My grandpa picked up a 2008 16' sylvan with 60hp merc 4 stroke. Problem is, it won't even get up on plane. Won't get over 3500 rpm, period. Only 8mph! Sounds smooth though...

Might get a chance to work on it tomorrow... any specific place I should start? Spark? Fuel? Throttle?

Thanks!


----------



## DoubleJay (Aug 9, 2009)

sureshot006 said:


> I kno this isn't necessarily the place for this question but lots of views here.... hoping for some advice.
> 
> My grandpa picked up a 2008 16' sylvan with 60hp merc 4 stroke. Problem is, it won't even get up on plane. Won't get over 3500 rpm, period. Only 8mph! Sounds smooth though...
> 
> ...


Sounds like it is starving for fuel.....check your primer bulb and fuel lines. And, of course, there is always the chance that it wasn't properly winterized and the fuel soured, damaging the seals, seats, etc., which would call for a carb rebuild.....

Jay


----------



## DoJigger (Dec 30, 2010)

DoubleJay said:


> Sounds like it is starving for fuel.....check your primer bulb and fuel lines. And, of course, there is always the chance that it wasn't properly winterized and the fuel soured, damaging the seals, seats, etc., which would call for a carb rebuild.....
> 
> Jay


Agree with that !! After you change the fuel line and primer bulb , fuel filter , fresh gas , add some sea foam , spark plug , you might get lucky before the carb rebuild..good luck


----------



## Mike Gage (Oct 3, 2008)

Carb. Or potentially Upper or lower jets. 


Posted using Outdoor Hub Campfire


----------



## BigWoods Bob (Mar 15, 2007)

Had a similar problem....fuel pump was bad.

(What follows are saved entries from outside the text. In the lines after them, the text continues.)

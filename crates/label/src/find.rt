// The states of one form, from the marks of its operands.
ghost use Rattle.std.specs.Prelude.{◌≡◌, ◌<◌, ◌≤◌, false, None, length};
ghost use Rattle.ctl.specs.Rounds.{start};
ghost use Rattle.label.specs.Columns.{earlier, marked_in, rest_in};
ghost use Rattle.label.specs.Rounds.{IsMarked, direction, form_round};

use crate::column::Column;
use crate::rounds::{ReleaseAll, ReleaseSome, UntilAll, UntilSome};
use crate::successors::{all_successors, some_successor};
use fixpoint::fixed_point::FixedPoint::{Greatest, Least};
use fixpoint::index_set::IndexSet;
use fixpoint::search::{fill, search, take_over};
use forms::form::{Form, Quantifier};
use forms::set::contains;
use machine::interface::Machine;

// Whether the form holds at s, for each shape but until and release: those are searched for.
fn holds_at<M: Machine>(machine: &M, form: Form, column: &Column, s: usize) -> bool
    requires at_once { direction form ≡ None }
    requires room { (M.model machine.now).count ≤ length column.now.marks.now }
    requires in_range { s < (M.model machine.now).count }
    ensures { result
        ≡ form_round (M.model machine.now) (earlier (rest_in column.now)) form (start false) s }
{
    match form {
        Form::Truth => true,
        Form::Falsity => false,
        Form::Atom(p) => contains(u64::from(machine.atoms(s)), p),
        Form::Absent(p) => !contains(u64::from(machine.atoms(s)), p),
        Form::And(a, b) => column.has_earlier(a, s) && column.has_earlier(b, s),
        Form::Or(a, b) => column.has_earlier(a, s) || column.has_earlier(b, s),
        Form::Next(Quantifier::Exists, a) => {
            some_successor(machine, s, |t| column.has_earlier(a, t))
        }
        Form::Next(Quantifier::Every, a) => {
            all_successors(machine, s, |t| column.has_earlier(a, t))
        }
        Form::Until(..) | Form::Release(..) => unreachable!(),
    }
}

// Marks the states of the form in its column, from the marks of its operands, and says how many rounds that took.
pub(crate) fn find_states<'a, M: Machine, N: IndexSet>(
    machine: &'a M,
    form: Form,
    column: &mut Column<'a>,
    next: &mut N,
) -> usize
    requires room { (M.model machine.now).count ≤ length column.old.marks.now }
    requires next_room { (M.model machine.now).count ≤ N.room (N.rest next.old) }
    ensures marked { IsMarked (M.model machine.now) (earlier (rest_in column.old)) form
        (marked_in column.new) result }
    ensures rest { rest_in column.new ≡ rest_in column.old }
{
    match form {
        Form::Until(Quantifier::Exists, a, b) => {
            search(&UntilSome { machine, a, b }, column, next, Least)
        }
        Form::Until(Quantifier::Every, a, b) => {
            search(&UntilAll { machine, a, b }, column, next, Least)
        }
        Form::Release(Quantifier::Exists, a, b) => {
            search(&ReleaseSome { machine, a, b }, column, next, Greatest)
        }
        Form::Release(Quantifier::Every, a, b) => {
            search(&ReleaseAll { machine, a, b }, column, next, Greatest)
        }
        _ => {
            let n = machine.count();
            fill(next, n, |s| holds_at(machine, form, column, s));
            take_over(column, next, n);
            0
        }
    }
}
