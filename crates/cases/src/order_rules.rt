//! Points and order under all rules and layers.
use crate::sets::pair;
use model::JobId;
use own_rule::HigherFirst;
use rules::{Bottom, Figure, OrderRule, Weighted};
use std::process::Abort;
use std::test::Fail;

fn check_points<R: OrderRule>(rt: &impl Abort, rule: &R, first: i32, second: i32) {
    assert_eq!(rt; rule.point(0), first);
    assert_eq!(rt; rule.point(1), second);
    assert_eq!(rt; rule.point(2), 0);
    assert_eq!(rt; rule.point(32), 0);
    assert_eq!(rt; rule.point(u32::MAX), 0);
}

#[test]
fn the_points_of_two_tasks(rt: HostRuntime) -> Result<(), Fail> {
    let table = pair()?;
    check_points(&rt, &Bottom::deadline(&table), 5, 7);
    check_points(&rt, &Bottom::arrival(), 0, 0);
    check_points(&rt, &Bottom::level(&table), 5, 12);
    Ok(())
}

#[test]
fn layers_stack_in_both_orders(rt: HostRuntime) -> Result<(), Fail> {
    let table = pair()?;
    let deadline = Bottom::deadline(&table);
    let c = Weighted::over(&table, Figure::Execution, 3, &deadline)?;
    let s = Weighted::over(&table, Figure::Suspension, -1, &deadline)?;
    check_points(&rt, &c, 8, 10);
    check_points(&rt, &s, 3, 4);
    check_points(
        &rt,
        &Weighted::over(&table, Figure::Suspension, -1, &c)?,
        6,
        7,
    );
    check_points(
        &rt,
        &Weighted::over(&table, Figure::Execution, 3, &s)?,
        6,
        7,
    );
    Ok(())
}

#[test]
fn a_point_stops_at_the_ends_of_the_range(rt: HostRuntime) -> Result<(), Fail> {
    let table = pair()?;
    let high = HigherFirst::new(&[999_999_990, -999_999_999]);
    check_points(
        &rt,
        &Weighted::over(&table, Figure::Execution, 16, &high)?,
        1_000_000_000,
        -999_999_983,
    );
    check_points(
        &rt,
        &Weighted::over(&table, Figure::Suspension, -16, &high)?,
        999_999_958,
        -1_000_000_000,
    );
    Ok(())
}

#[test]
fn weights_are_from_minus_16_to_16(rt: HostRuntime) -> Result<(), Fail> {
    let table = pair()?;
    let deadline = Bottom::deadline(&table);
    assert!(rt; Weighted::over(&table, Figure::Execution, 16, &deadline).is_ok());
    assert!(rt; Weighted::over(&table, Figure::Suspension, -16, &deadline).is_ok());
    for weight in [17, -17, i32::MAX, i32::MIN] {
        assert!(rt; Weighted::over(&table, Figure::Execution, weight, &deadline).is_err());
        assert!(rt; Weighted::over(&table, Figure::Suspension, weight, &deadline).is_err());
    }
    Ok(())
}

fn check_before<R: OrderRule>(rt: &impl Abort, rule: &R, a: JobId, b: JobId) {
    assert!(rt; rule.goes_before(a, b));
    assert!(rt; !rule.goes_before(b, a));
    assert!(rt; !rule.goes_before(a, a));
}

fn job(task: u32, release: u32) -> JobId {
    JobId { task, release }
}

#[test]
fn ties_go_to_the_lower_number_and_in_the_sample_to_the_higher(
    rt: HostRuntime,
) -> Result<(), Fail> {
    let table = pair()?;
    let deadline = Bottom::deadline(&table);
    check_before(&rt, &deadline, job(0, 2), job(1, 0));
    check_before(&rt, &deadline, job(1, 0), job(0, 3));
    check_before(&rt, &deadline, job(0, 2), job(9, 7));
    check_before(&rt, &deadline, job(1, 0), job(9, 7));
    let sample = HigherFirst::new(&[5, 7]);
    check_before(&rt, &sample, job(1, 0), job(0, 2));
    check_before(&rt, &sample, job(9, 7), job(1, 0));
    check_before(&rt, &sample, job(9, 7), job(0, 2));
    check_before(
        &rt,
        &Weighted::over(&table, Figure::Execution, 1, &deadline)?,
        job(0, 2),
        job(1, 0),
    );
    check_before(
        &rt,
        &Weighted::over(&table, Figure::Execution, 1, &sample)?,
        job(1, 0),
        job(0, 2),
    );
    Ok(())
}

#[test]
fn the_last_clock_orders_like_the_first(rt: HostRuntime) {
    let high = HigherFirst::new(&[1_000_000_000, -1_000_000_000]);
    check_before(&rt, &high, job(1, 4_000_000_000), job(0, 4_000_000_000));
    check_before(&rt, &high, job(0, 0), job(1, 4_000_000_000));
}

Posted using Outdoor Hub Campfire


----------



## sureshot006 (Sep 8, 2010)

Thanks guys. Will start with plugs (should be done regardless) and work the electrical/fuel from there).

Coils maybe?


----------



## ESOX (Nov 20, 2000)

Copious quantities of Seafoam.


----------



## fsamie1 (Mar 8, 2008)

That is a tough one because you are saying it runs smooth at 3500 rpm. It would not run smooth if it was coil or plugs or any ignition problem. if it is filter, bad gas, clog jets, water in gas tank, it still will not run smooth at 3500 rpm. If it is running smooth up to 3500 rpm, it is the fuel filter. good luck


----------



## iFishy (Mar 31, 2014)

fsamie1 said:


> That is a tough one because you are saying it runs smooth at 3500 rpm. It would not run smooth if it was coil or plugs or any ignition problem. if it is filter, bad gas, clog jets, water in gas tank, it still will not run smooth at 3500 rpm. If it is running smooth up to 3500 rpm, it is the fuel filter. good luck


+1 on the filter - fuel flow is adequate up to 3500 rpm, anything above - not enough and starved... my 2 cents


----------



## sureshot006 (Sep 8, 2010)

Will try some seafoam and maybe fuel filter. I know my 2 cycle merc starts more reliably with seafoam after sitting for a while. Well worth it when you're 8 miles out.


----------



## fsamie1 (Mar 8, 2008)

I also check the throttle cable and make sure it opens all the way and nothing blocking it.


----------



## Lucky Dog (Jul 4, 2004)

If you are hitting 3500 R's and only going 8 mph, I'd look for a spun prop.
3500 should be well on plane.


----------



## sureshot006 (Sep 8, 2010)

Throttle cable looked good.

Good point about the prop...will have to check that too. It would go over 8 if it would plane out but doesnt have the balls to plane.

The previous owner had installed a hydrofoil. With that it was able to plane, just barely, and then get up to a whopping 15 mph with one guy in the boat. Still 3500 rpm tho.


----------



## Lucky Dog (Jul 4, 2004)

What prop does it have on it?


----------



## sureshot006 (Sep 8, 2010)

12x22
1.83:1

Headed out on saginaw bay in the other boat this morning. Beautiful day.


----------



## Lucky Dog (Jul 4, 2004)

sureshot006 said:


> 12x22
> 1.83:1
> 
> Headed out on saginaw bay in the other boat this morning. Beautiful day.



That seem like way too much pitch to me. I would expect a 13 to 15 on a 60 HP motor.

Edit. Mercury prop selector suggests a 17 pitch prop.


----------



## 850XP (Sep 13, 2012)

X2! You should start looking at getting a 17 pitch prop or smaller and take into count how much weight is going to be in the boat also. Remember the more weight to get on plane requires a lower pitch prop. Also a 4-blade prop will help with getting up on plane better.


----------



## sureshot006 (Sep 8, 2010)

Didn't have time to go over the motor today after fishing (9 eyes, most 18-20" with one 26". I think 26" is master angler in Saginaw bay  but.... I did rev the motor in neutral up to 5500 rpm. Not sure if that tells anything.

May have to try lower pitch prop... that is a huge difference. Do you think it just doesn't have the power to get past 3500 rpm with that prop?


----------



## Lucky Dog (Jul 4, 2004)

sureshot006 said:


> May have to try lower pitch prop... that is a huge difference. Do you think it just doesn't have the power to get past 3500 rpm with that prop?


No you do not have enough power.
My 225 HP can't even push a 22" prop.


----------



## sureshot006 (Sep 8, 2010)

OK update... the sticker on the cavitation plate says 12x22. Assumed that was prop specs. Seeing as a 22 pitch prop should be fairly obvious compared to a 13 I managed to decipher the part number 816702A40p12

Looks like 10.75" 12P.

Looking for fuel/spark problems now. Prop would have been so much easier!


----------